ZADIE SMITH was born in north-west London in 1975. Her first novel, White Teeth, was the winner of the Whitbread Award for First Novel, the Guardian First Book Award, the James Tait Black Memorial Prize for Fiction, and the Commonwealth Writers’ First Book Award. Her second novel, The Autograph Man, won the Jewish Quarterly — Wingate Literary Prize. Zadie Smith’s third novel, On Beauty, was shortlisted for the Man Booker Prize and won the Commonwealth Writers’ Best Book Award (Eurasian Section) and the Orange Prize for fiction. Her most recent novel, NW, was published in 2012 and has been shortlisted for the Royal Society of Literature Ondaatje Prize and the Women’s Prize for Fiction.



MATHIAS SVALINA is the author of five books, including Destruction Myth, Wastoid, and a collaborative book with the photographer Jon Pack, The Depression. He lives in Denver, Colorado, where he has taught at universities and in DIY spaces and prisons. He is an editor for the independent poetry press Octopus Books and runs a Dream Delivery Service.



WELLS TOWER is the author of Everything Ravaged, Everything Burned, a collection of short fiction. Tower was the recipient of the Paris Review’s Plimpton Prize for Fiction, the New York Public Library’s Young Lions Fiction Award, a National Magazine Award for fiction, and was included in the New Yorker’s list of twenty promising writers under forty. Tower’s writing has appeared in The New Yorker, Harper’s, GQ, McSweeney’s, The Paris Review, The Best American Short Stories, and elsewhere.



DEB OLIN UNFERTH is the author of the memoir Revolution, finalist for the National Book Critics Circle Award; the story collection Minor Robberies; and the novel Vacation, winner of the Cabell First Novelist Award.

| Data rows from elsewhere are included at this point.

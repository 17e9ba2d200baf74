//! All pieces of a link are put into the file, one after another (this project's own; gABI "Relocation").

ghost use Rattle.std.specs.Prelude.{◌≡◌, ◌++◌, ◌≤◌, [], length, IfOk, OnOk};
ghost use Rattle.lk_model.specs.FullPlace.{tail_start};
ghost use Rattle.lk_model.specs.Overflows.{overflow_faults};
ghost use Rattle.lk_model.specs.Views.{Resolved};
ghost use Rattle.lk_relocate.specs.Faults.{overflows};
ghost use Rattle.lk_relocate.specs.Links.{IsLinkOf, IsLinked};
ghost use Rattle.lk_relocate.specs.ObjectTables.{AreCurrent};
ghost use Rattle.lk_relocate.specs.Places.{KnownPiece, with_piece};
ghost use Rattle.lk_relocate.specs.References.{piece_references};
ghost use Rattle.lk_relocate.specs.Written.{piece_stretches, written};

use crate::object_sections::ObjectSection;
use crate::object_tables::{ObjectTables, object_at};
use crate::section_linking::link_section;
use lk_model::layouts::{PieceId, PieceRow};
use lk_obj_read::Object;
use lk_report::{FaultList, List, NoMemory};
use lk_symbol_values::Values;
use std::alloc::Global;

/// Puts a placed piece into the file `image`. `tables` are those of the object of the piece before it, and then those
/// of its own object. A common block and a copy have no bytes in the file.
fn put_piece(
    alloc: Global,
    objects: &[Option<Object>],
    values: &Values<'_>,
    tables: &mut ObjectTables,
    piece: &PieceRow,
    image: &mut [u8],
    faults: &mut FaultList,
) -> Result<(), NoMemory>
    requires { AreCurrent values.now objects.now tables.old }
    ensures current { OnOk result (AreCurrent values.now objects.now tables.new) }
    ensures linked { (r : Resolved) → IsLinkOf values.now r → KnownPiece objects.now r values.now.place piece.now → tail_start values.now.place ≤ length image.old → OnOk result (image.new ≡ with_piece r values.now.place image.old piece.now) }
    ensures reported { (r : Resolved) → IsLinkOf values.now r → KnownPiece objects.now r values.now.place piece.now → OnOk result (faults.new ≡ faults.old ++ overflows r values.now.place (piece_references r piece.now.piece)) }
{
    match piece.piece {
        PieceId::Common { .. } => Ok(()),
        PieceId::Copy { .. } => Ok(()),
        PieceId::Section { input, section } => match object_at(objects, input) {
            None => Ok(()),
            Some(object) => {
                tables.get_ready(values, object, input, section)?;
                let section = ObjectSection {
                    values,
                    object,
                    tables,
                    input,
                    section,
                    start: values.piece_start(input, section),
                };
                link_section(alloc, &section, piece, image, faults)?;
                Ok(())
            }
        },
    }
}

/// Puts the linked bytes of all placed pieces into the file `image`, one after another (gABI "Relocation"): each
/// section of an object is copied to its place, and the value of each of its relocations is written into its field.
/// `objects` has the object of each added input, by the input's number; `values` have the resolution and the
/// placement. Bytes between pieces stay as they are.
///
/// Returns the values that do not fit their fields, by piece and relocation: each with its place P, its symbol S, its
/// addend A and its value modulo 2^64 (psABI x86-64 "Relocation Types"). The other fields are filled all the same.
///
/// A piece is left out if its input has no object, its object has no such piece, or it does not lie in the file.
///
/// # Errors
/// Out of memory: the tables of one object at a time and the faults take memory.
pub fn link_pieces(
    alloc: Global,
    objects: &[Option<Object>],
    values: &Values<'_>,
    image: &mut [u8],
) -> Result<FaultList, NoMemory>
    ensures reported { (r : Resolved) → IsLinked values.now objects.now r → IfOk result (λ faults. faults ≡ overflow_faults r values.now.place) }
    ensures linked { (r : Resolved) → IsLinked values.now objects.now r → tail_start values.now.place ≤ length image.old → IfOk result (λ faults. faults ≡ [] → image.new ≡ written image.old (piece_stretches r values.now.place)) }
    ensures size { length image.new ≡ length image.old }
{
    let mut tables = ObjectTables::none(alloc);
    let mut faults = List::new(alloc);
    let pieces = values.placement().pieces.as_slice();
    for piece in pieces {
        put_piece(
            alloc,
            objects,
            values,
            &mut tables,
            piece,
            image,
            &mut faults,
        )?;
    }
    Ok(faults)
}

Her work appears in Harper’s, The New York Times, McSweeney’s, and NOON. She has received three Pushcart Prizes and grants from the Creative Capital Foundation. She is an associate professor at the University of Texas at Austin. Her next collection is forthcoming from Graywolf Press.



CLAIRE VAYE WATKINS is the author of Battleborn, winner of the Story Prize, the Rosenthal Family Foundation Award from the American Academy of Arts and Letters, and a Silver Pen Award from the Nevada Writers Hall of Fame. Her stories and essays have appeared in Granta, One Story, The Paris Review, Ploughshares, Glimmer Train, Best of the West 2011, Best of the Southwest 2013, and elsewhere. A graduate of the University of Nevada, Reno and the Ohio State University, Claire teaches at Bucknell University. Her first novel, Gold, Fame, Citrus, is forthcoming from Riverhead Books.



JOY WILLIAMS’s most recent book is The Visiting Privilege: New and Collected Stories. She is the author of four novels — the most recent, The Quick and the Dead, was a finalist for the Pulitzer Prize in 2001—and three earlier collections of stories, as well as Ill Nature, a book of essays that was a finalist for the National Book Critics Circle Award for criticism. Among her many honors are the Rea Award for the Short Story and the Strauss Living Award from the American Academy of Arts and Letters. She was elected to the Academy in 2006.



CHARLES YU is the author of How to Live Safely in a Science Fictional Universe, which was a New York Times Notable Book and named one of the best books of the year by Time magazine, as well as the story collections Third Class Superhero, for which he was named one of the National Book Foundation’s 5 Under 35, and his most recent collection, Sorry Please Thank You. He lives in southern California with his family.